The only beer that Guinness manufacture is a product called "Black lager" which is only available in N.I, Guinness itself is not a beer but a porter or a stout.


----------



## Sallow (Sep 14, 2011)

LumpyPostage said:


> China.



They are okay. Very refreshing and light.


----------



## Sallow (Sep 14, 2011)

iamwhatiseem said:


> Belgium and Germany have some extraordinary beers...but then so does America...I have had some outstanding beer at breweries.
> 
> However - the lionshare of American beer is bitter swill.
> I just can't believe the most popular beers in America are such utter crap.
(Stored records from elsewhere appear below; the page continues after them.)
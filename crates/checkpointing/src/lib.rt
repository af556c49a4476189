// Checkpoint.
#![tactic(auto)]

ghost use Rattle.std.specs.Prelude.{◌≡◌, false, []};
ghost use Rattle.field.specs.Test.{pick};
ghost use Rattle.store.specs.Calls.{lent, left, checkpoint};

use field::LogNo;
use store::known::{Answer, Numbers};
use store::{fresh, known};

// Whether LK is there afterwards: it was, and is not to be cleared.
fn stays(clear: bool, there: bool) -> bool
    ensures { result ≡ pick clear false there }
{
    if clear {
        return false;
    }
    there
}

// The log is replaced by one check record with the next number, where the store holds all that the work pages do.
pub fn checkpoint(n: Numbers, work: &[u8], store: &[u8], log: &mut [u8], clear: bool) -> Answer
    ensures replaced { left result.reply [] (lent result.numbers.used result.numbers.forced work.now store.now log.new [])
        ≡ checkpoint clear (lent n.used n.forced work.now store.now log.old []) }
{
    if work.len() != 16384 {
        return known::kept(n, 1);
    }
    if store.len() != 16384 {
        return known::kept(n, 1);
    }
    if log.len() != 8192 {
        return known::kept(n, 1);
    }
    let s = logs::scan::scan_log(log, n.forced);
    if !known::knows(s, n.used) {
        return known::kept(n, 2);
    }
    let w = s.walk;
    if w.opened {
        return known::kept(n, 9);
    }
    if !field::same_bytes(work, store) {
        return known::kept(n, 14);
    }
    if 4294967295 <= w.number.0 {
        return known::kept(n, 7);
    }
    let unit = w.unit;
    fresh::new_log(
        log,
        LogNo(w.number.0 + 1),
        unit,
        stays(clear, w.known),
        w.lk,
    );
    Answer {
        reply: 0,
        numbers: Numbers {
            used: fresh::END,
            forced: fresh::END,
        },
    }
}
Micro-breweries have some pretty good beers. And surprisingly enough some American beers are getting better. I was surprised to learn that "BlueMoon" was made by Coors.


----------



## Iridescence (Sep 14, 2011)

_I had always thought:_

Samuel Adams - America's World Class Beer

_but I *really* like:_

Sierra Nevada Brewing Co.


----------



## pgm (Sep 14, 2011)

The two best are Czech Republic and Belgium. I'm not sure which I prefer, but these are definitely the best.

America's microbrews are great, but most of the macros are swill (I like Blue Moon and a couple others, but this is a general rule). I can't think of a great Canadian beer.


----------



## Swagger (Sep 14, 2011)

I simply can't favour any country in western Europe, but I will say that beer made in Belgium, Germany, Holland and France is far better than anything you'll find brewed in the UK or Ireland. The Europeans have been doing it for a long, long time and have perfected an almost perfect method. I'd challenge you to find me anyone in the UK that prefers lager brewed here over anything from the continent.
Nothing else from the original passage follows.